▶ _Exercise goal_
Nothing but the line with "let mut unread = Vec::new(alloc);" and the lines after it should appear, each retyped exactly as in the listing.

▶ _Provided information_
# # #
//! Reads lists of lines. An empty value resets the lines before it (systemd.exec(5), SystemCallFilter=).
ghost use Rattle.std.specs.Prelude.{◌≡◌, ◌++◌, [], IfOk, OnOk};
ghost use Rattle.std.specs.List.{cons_option, filter_map};
ghost use Rattle.dropin_merge.specs.unit_values.Lasting.{unread_notes};
ghost use Rattle.dropin_merge.specs.unit_values.Lines.{listed_line};
ghost use Rattle.dropin_merge.specs.unit_values.Listed.{listed, is_reset, unit_listed, unit_listed_notes};

use crate::Resolved;
use crate::unit_values::keyed::assignments_of_key;
use crate::unit_values::lines::{Line, read_line};
use crate::unit_values::noting::note_value;
use crate::unit_values::reading::given_value;
use crate::unit_values::value::{FileNote, Said, Value};
use std::alloc::{AllocError, Global};
use unit_grammar::NoteCause;

/// A value of a list that could be split into words.
#[derive(Drop)]
pub struct Listed {
    /// The value, with its place.
    pub value: Value,
    /// The line of the value. An empty value has a line without words.
    pub line: Line,
}

impl Listed {
    /// Returns whether the value is empty, which resets the lines before it.
    pub fn is_reset(&self) -> bool
        ensures empty_value { result ≡ is_reset self.now }
    {
        self.value.text.as_str().is_empty()
    }
}

fn line_of(alloc: Global, text: &str) -> Result<Option<Line>, AllocError>
    ensures { IfOk result (λ line. line ≡ listed_line text.now) }
{
    if text.is_empty() {
        Ok(Some(Line::empty(alloc)))
    } else {
        read_line(alloc, text)
    }
}

// Appends the line that one more assignment gives, or notes that its value cannot be split.
fn add_listed(
    alloc: Global,
    value: Option<Value>,
    all: &mut Vec<Listed>,
    notes: &mut Vec<FileNote>,
) -> Result<(), AllocError>
    ensures means { OnOk result (all.new.items ≡ all.old.items ++ filter_map listed (cons_option value [])) }
    ensures noted { OnOk result (notes.new.items ≡ notes.old.items ++ unread_notes listed_line (cons_option value [])) }
{
    let Some(value) = value else {
        return Ok(());
    };
    match line_of(alloc, value.text.as_str())? {
        Some(line) => {
            all.push(Listed { value, line })?;
            Ok(())
        }
        None => note_value(notes, &value, NoteCause::Value),
    }
}

/// Returns the lines that the files of a unit give to such a key, with their values, in order. They include empty values and
/// the lines that these reset. The notes list values that cannot be expanded, and then values that cannot be split.
#[tactic(auto, unfolding(crate::specs::unit_values::Listed::unit_listed, crate::specs::unit_values::Listed::unit_listed_notes))]
pub fn lines_of_key(
    alloc: Global,
    unit: &Resolved,
    key: &str,
) -> Result<Said<Vec<Listed>>, AllocError>
    ensures all_in_order { IfOk result (λ said. said.what.items ≡ unit_listed unit.now key.now) }
    ensures notes_the_unread { IfOk result (λ said. said.notes.items ≡ unit_listed_notes unit.now key.now) }
{
    let mut all = Vec::new(alloc);
    let mut notes = Vec::new(alloc);
    let mut unread = Vec::new(alloc);
    for (place, assignment) in assignments_of_key(unit, key) {
        let value = given_value(
            alloc,
            unit.systemd,
            &unit.name,
            key,
            place,
            assignment,
            &mut notes,
        )?;
        add_listed(alloc, value, &mut all, &mut unread)?;
    }
    let said = Said {
        what: all,
        notes: unread,
    };
    said.behind(notes)
}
# # #
▶ _Exercise output_
    let mut unread = Vec::new(alloc);
    for (place, assignment) in assignments_of_key(unit, key) {
        let value = given_value(
            alloc,
            unit.systemd,
            &unit.name,
            key,
            place,
            assignment,
            &mut notes,
        )?;
        add_listed(alloc, value, &mut all, &mut unread)?;
    }
    let said = Said {
        what: all,
        notes: unread,
    };
    said.behind(notes)
}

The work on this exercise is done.